Segment Start: Material provided

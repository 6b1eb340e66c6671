//! Small nodes written, read in place and found malformed, and where nodes end.

ghost use Rattle.std.specs.Prelude.{replicate};

use node_format::{LeafItem, Malformed, NodeRef, RefItem, ends_here, write_inner, write_leaf};
use std::alloc::{AllocError, Global};
use std::test::*;
use tuple_codec::{Address, Blob, Digester};

/// Every address begins with zeros, which end a node as soon as they may.
struct Low;

impl Digester for Low {
    ghost address = { λ _. replicate 20 0 };

    fn address_of(_bytes: &[u8]) -> Address {
        Address([0; 20])
    }
}

/// Every address begins with the highest bytes, which end no node before its size does.
struct High;

impl Digester for High {
    ghost address = { λ _. replicate 20 255 };

    fn address_of(_bytes: &[u8]) -> Address {
        Address([255; 20])
    }
}

const EMPTY: [u8; 4] = [1, 0, 0, 0];

const ONE_ROW: [u8; 21] = [
    1, 0, 0, 1, 0, 9, 1, 128, 0, 0, 0, 0, 0, 0, 1, 0, 4, 1, 0, 1, 97,
];

const INNER: [u8; 35] = [
    2, 1, 0, 1, 0, 1, 5, 7, 7, 7, 7, 7, 7, 7, 7, 7, 7, 7, 7, 7, 7, 7, 7, 7, 7, 7, 7, 0, 0, 0, 0, 0,
    0, 0, 2,
];

#[test]
fn what_is_written_is_the_format(rt: HostRuntime) -> Result<(), AllocError> {
    let empty = write_leaf(rt.alloc(), &[])?;
    assert!(rt; empty.as_slice() == EMPTY.as_slice());
    let row = LeafItem {
        key: Blob::from_vec(Vec::from_slice(rt.alloc(), &[1, 128, 0, 0, 0, 0, 0, 0, 1])?),
        value: Blob::from_vec(Vec::from_slice(rt.alloc(), &[1, 0, 1, 97])?),
    };
    let leaf = write_leaf(rt.alloc(), &[row])?;
    assert!(rt; leaf.as_slice() == ONE_ROW.as_slice());
    let below = RefItem {
        key: Blob::from_vec(Vec::from_slice(rt.alloc(), &[5])?),
        address: Address([7; 20]),
        rows: 2,
    };
    let inner = write_inner(rt.alloc(), 1, &[below])?;
    assert!(rt; inner.as_slice() == INNER.as_slice());
    Ok(())
}

/// The node in a few bytes.
fn node_in<'a>(bytes: &'a [u8]) -> Result<NodeRef<'a>, Malformed> {
    if bytes.len() > 10_000 {
        return Err(Malformed { at: 10_000 });
    }
    NodeRef::read(bytes)
}

/// The key and the value of a row, where it is a leaf's only one.
fn only_row(bytes: &[u8]) -> Option<(&[u8], &[u8])> {
    let leaf = node_in(bytes).ok()?;
    if leaf.level() == 0 && leaf.count() == 1 {
        Some(leaf.leaf_item(0))
    } else {
        None
    }
}

/// What an inner node of level 1 tells of the node below, where that is the only one.
fn only_below(bytes: &[u8]) -> Option<(&[u8], Address, u64)> {
    let inner = node_in(bytes).ok()?;
    if inner.level() == 1 && inner.count() == 1 {
        Some(inner.inner_item(0))
    } else {
        None
    }
}

#[test]
fn what_is_read_is_the_node(rt: HostRuntime) {
    assert!(rt; only_row(&ONE_ROW) == Some((&ONE_ROW[6..15], &ONE_ROW[17..])));
    assert!(rt; only_below(&INNER) == Some((&INNER[6..7], Address([7; 20]), 2)));
}

/// A leaf of so many items, each with a key of two bytes, and the last byte of it as its value.
fn long_leaf(alloc: Global, count: u16) -> Result<Vec<u8>, AllocError> {
    let mut bytes = Vec::new(alloc);
    bytes.extend_from_slice(&[1, 0])?;
    bytes.extend_from_slice(&count.to_be_bytes())?;
    for number in 0..count {
        let key = number.to_be_bytes();
        bytes.extend_from_slice(&[0, 2, key[0], key[1], 0, 1, key[1]])?;
    }
    Ok(bytes)
}

/// Whether each item of a long leaf is found.
fn are_all_found(bytes: &[u8]) -> bool {
    let Ok(leaf) = node_in(bytes) else {
        return false;
    };
    if leaf.level() > 0 || leaf.count() != 1000 {
        return false;
    }
    for number in 0..leaf.count() {
        let (key, value) = leaf.leaf_item(number);
        if key != &number.to_be_bytes()[..] || value != &number.to_be_bytes()[1..] {
            return false;
        }
    }
    true
}

#[test]
fn each_item_of_a_long_leaf_is_found(rt: HostRuntime) -> Result<(), AllocError> {
    assert!(rt; are_all_found(&long_leaf(rt.alloc(), 1000)?));
    Ok(())
}

/// Where a few bytes go wrong, if they do.
fn fault(bytes: &[u8]) -> Option<u32> {
    match node_in(bytes) {
        Ok(_) => None,
        Err(malformed) => Some(malformed.at),
    }
}

#[test]
fn what_is_no_node_is_malformed_at_its_place(rt: HostRuntime) {
    assert!(rt; fault(&EMPTY).is_none());
    let mut no_row = INNER;
    no_row[34] = 0;
    for (bytes, at) in [
        (&EMPTY[..0], 0u32),
        (&EMPTY[..3], 0),
        (&[3, 0, 0, 0][..], 0),
        (&[1, 1, 0, 0][..], 0),
        (&[2, 1, 0, 0][..], 0),
        (&[1, 0, 0, 1][..], 4),
        (&[1, 0, 0, 0, 255][..], 4),
        (&ONE_ROW[..20], 4),
        (&[1, 0, 0, 2, 0, 1, 5, 0, 0, 0, 1, 5, 0, 0][..], 9),
        (&no_row[..], 4),
    ] {
        assert!(rt; fault(bytes) == Some(at));
    }
}

#[test]
fn a_node_ends_by_the_boundary_rule(rt: HostRuntime) {
    let low = [
        ends_here::<Low>(0, 20_000, 1, b"key"),
        ends_here::<Low>(0, 511, 2, b"key"),
        ends_here::<Low>(0, 512, 2, b"key"),
    ];
    assert!(rt; low == [false, false, true]);
    let high = [
        ends_here::<High>(0, 16_383, 2, b"key"),
        ends_here::<High>(0, 16_384, 2, b"key"),
    ];
    assert!(rt; high == [false, true]);
}
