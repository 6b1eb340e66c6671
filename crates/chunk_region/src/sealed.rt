//! A region's bytes, never to change again.

ghost use Rattle.std.specs.Prelude.{◌≡◌};
ghost use Rattle.chunk_region.specs.Pages.{IsWritten, Stands};

use crate::Span;
use crate::page::Page;
use crate::region::read;
use std::marker::Model;

/// What a region held when it was sealed, to be read by the same spans.
#[derive(Drop)]
pub struct Sealed {
    pub(crate) pages: Vec<Page>,
}

impl Model for Sealed {
    ghost use Rattle.std.specs.Prelude.{ℕ, List};

    ghost Value = { List (List ℕ) };

    ghost view = { λ sealed. sealed.pages.items };
}

impl Sealed {
    /// The bytes that were placed at `span`, in constant time.
    pub fn bytes(&self, span: Span) -> &[u8]
        requires { IsWritten self.now span }
        ensures { Stands self.now span result.now }
    {
        read(&self.pages, span)
    }
}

Segment End: Material provided

Task instructions.
Having read the entries above, repeat them exactly.

Solution to the exercise.
repository 6b1eb340e66c6671
//! Small nodes written, read in place and found malformed, and where nodes end.

ghost use Rattle.std.specs.Prelude.{replicate};

use node_format::{LeafItem, Malformed, NodeRef, RefItem, ends_here, write_inner, write_leaf};
use std::alloc::{AllocError, Global};
use std::test::*;
use tuple_codec::{Address, Blob, Digester};

/// Every address begins with zeros, which end a node as soon as they may.
struct Low;

impl Digester for Low {
    ghost address = { λ _. replicate 20 0 };

    fn address_of(_bytes: &[u8]) -> Address {
        Address([0; 20])
    }
}

/// Every address begins with the highest bytes, which end no node before its size does.
struct High;

impl Digester for High {
    ghost address = { λ _. replicate 20 255 };

    fn address_of(_bytes: &[u8]) -> Address {
        Address([255; 20])
    }
}

const EMPTY: [u8; 4] = [1, 0, 0, 0];

const ONE_ROW: [u8; 21] = [
    1, 0, 0, 1, 0, 9, 1, 128, 0, 0, 0, 0, 0, 0, 1, 0, 4, 1, 0, 1, 97,
];

const INNER: [u8; 35] = [
    2, 1, 0, 1, 0, 1, 5, 7, 7, 7, 7, 7, 7, 7, 7, 7, 7, 7, 7, 7, 7, 7, 7, 7, 7, 7, 7, 0, 0, 0, 0, 0,
    0, 0, 2,
];

#[test]
fn what_is_written_is_the_format(rt: HostRuntime) -> Result<(), AllocError> {
    let empty = write_leaf(rt.alloc(), &[])?;
    assert!(rt; empty.as_slice() == EMPTY.as_slice());
    let row = LeafItem {
        key: Blob::from_vec(Vec::from_slice(rt.alloc(), &[1, 128, 0, 0, 0, 0, 0, 0, 1])?),
        value: Blob::from_vec(Vec::from_slice(rt.alloc(), &[1, 0, 1, 97])?),
    };
    let leaf = write_leaf(rt.alloc(), &[row])?;
    assert!(rt; leaf.as_slice() == ONE_ROW.as_slice());
    let below = RefItem {
        key: Blob::from_vec(Vec::from_slice(rt.alloc(), &[5])?),
        address: Address([7; 20]),
        rows: 2,
    };
    let inner = write_inner(rt.alloc(), 1, &[below])?;
    assert!(rt; inner.as_slice() == INNER.as_slice());
    Ok(())
}

/// The node in a few bytes.
fn node_in<'a>(bytes: &'a [u8]) -> Result<NodeRef<'a>, Malformed> {
    if bytes.len() > 10_000 {
        return Err(Malformed { at: 10_000 });
    }
    NodeRef::read(bytes)
}

/// The key and the value of a row, where it is a leaf's only one.
fn only_row(bytes: &[u8]) -> Option<(&[u8], &[u8])> {
    let leaf = node_in(bytes).ok()?;
    if leaf.level() == 0 && leaf.count() == 1 {
        Some(leaf.leaf_item(0))
    } else {
        None
    }
}

/// What an inner node of level 1 tells of the node below, where that is the only one.
fn only_below(bytes: &[u8]) -> Option<(&[u8], Address, u64)> {
    let inner = node_in(bytes).ok()?;
    if inner.level() == 1 && inner.count() == 1 {
        Some(inner.inner_item(0))
    } else {
        None
    }
}

#[test]
fn what_is_read_is_the_node(rt: HostRuntime) {
    assert!(rt; only_row(&ONE_ROW) == Some((&ONE_ROW[6..15], &ONE_ROW[17..])));
    assert!(rt; only_below(&INNER) == Some((&INNER[6..7], Address([7; 20]), 2)));
}

/// A leaf of so many items, each with a key of two bytes, and the last byte of it as its value.
fn long_leaf(alloc: Global, count: u16) -> Result<Vec<u8>, AllocError> {
    let mut bytes = Vec::new(alloc);
    bytes.extend_from_slice(&[1, 0])?;
    bytes.extend_from_slice(&count.to_be_bytes())?;
    for number in 0..count {
        let key = number.to_be_bytes();
        bytes.extend_from_slice(&[0, 2, key[0], key[1], 0, 1, key[1]])?;
    }
    Ok(bytes)
}

/// Whether each item of a long leaf is found.
fn are_all_found(bytes: &[u8]) -> bool {
    let Ok(leaf) = node_in(bytes) else {
        return false;
    };
    if leaf.level() > 0 || leaf.count() != 1000 {
        return false;
    }
    for number in 0..leaf.count() {
        let (key, value) = leaf.leaf_item(number);
        if key != &number.to_be_bytes()[..] || value != &number.to_be_bytes()[1..] {
            return false;
        }
    }
    true
}

#[test]
fn each_item_of_a_long_leaf_is_found(rt: HostRuntime) -> Result<(), AllocError> {
    assert!(rt; are_all_found(&long_leaf(rt.alloc(), 1000)?));
    Ok(())
}

/// Where a few bytes go wrong, if they do.
fn fault(bytes: &[u8]) -> Option<u32> {
    match node_in(bytes) {
        Ok(_) => None,
        Err(malformed) => Some(malformed.at),
    }
}

#[test]
fn what_is_no_node_is_malformed_at_its_place(rt: HostRuntime) {
    assert!(rt; fault(&EMPTY).is_none());
    let mut no_row = INNER;
    no_row[34] = 0;
    for (bytes, at) in [
        (&EMPTY[..0], 0u32),
        (&EMPTY[..3], 0),
        (&[3, 0, 0, 0][..], 0),
        (&[1, 1, 0, 0][..], 0),
        (&[2, 1, 0, 0][..], 0),
        (&[1, 0, 0, 1][..], 4),
        (&[1, 0, 0, 0, 255][..], 4),
        (&ONE_ROW[..20], 4),
        (&[1, 0, 0, 2, 0, 1, 5, 0, 0, 0, 1, 5, 0, 0][..], 9),
        (&no_row[..], 4),
    ] {
        assert!(rt; fault(bytes) == Some(at));
    }
}

#[test]
fn a_node_ends_by_the_boundary_rule(rt: HostRuntime) {
    let low = [
        ends_here::<Low>(0, 20_000, 1, b"key"),
        ends_here::<Low>(0, 511, 2, b"key"),
        ends_here::<Low>(0, 512, 2, b"key"),
    ];
    assert!(rt; low == [false, false, true]);
    let high = [
        ends_here::<High>(0, 16_383, 2, b"key"),
        ends_here::<High>(0, 16_384, 2, b"key"),
    ];
    assert!(rt; high == [false, true]);
}
repository 6b1eb340e66c6671
filename crates/chunk_region/src/sealed.rt
//! A region's bytes, never to change again.

ghost use Rattle.std.specs.Prelude.{◌≡◌};
ghost use Rattle.chunk_region.specs.Pages.{IsWritten, Stands};

use crate::Span;
use crate::page::Page;
use crate::region::read;
use std::marker::Model;

/// What a region held when it was sealed, to be read by the same spans.
#[derive(Drop)]
pub struct Sealed {
    pub(crate) pages: Vec<Page>,
}

impl Model for Sealed {
    ghost use Rattle.std.specs.Prelude.{ℕ, List};

    ghost Value = { List (List ℕ) };

    ghost view = { λ sealed. sealed.pages.items };
}

impl Sealed {
    /// The bytes that were placed at `span`, in constant time.
    pub fn bytes(&self, span: Span) -> &[u8]
        requires { IsWritten self.now span }
        ensures { Stands self.now span result.now }
    {
        read(&self.pages, span)
    }
}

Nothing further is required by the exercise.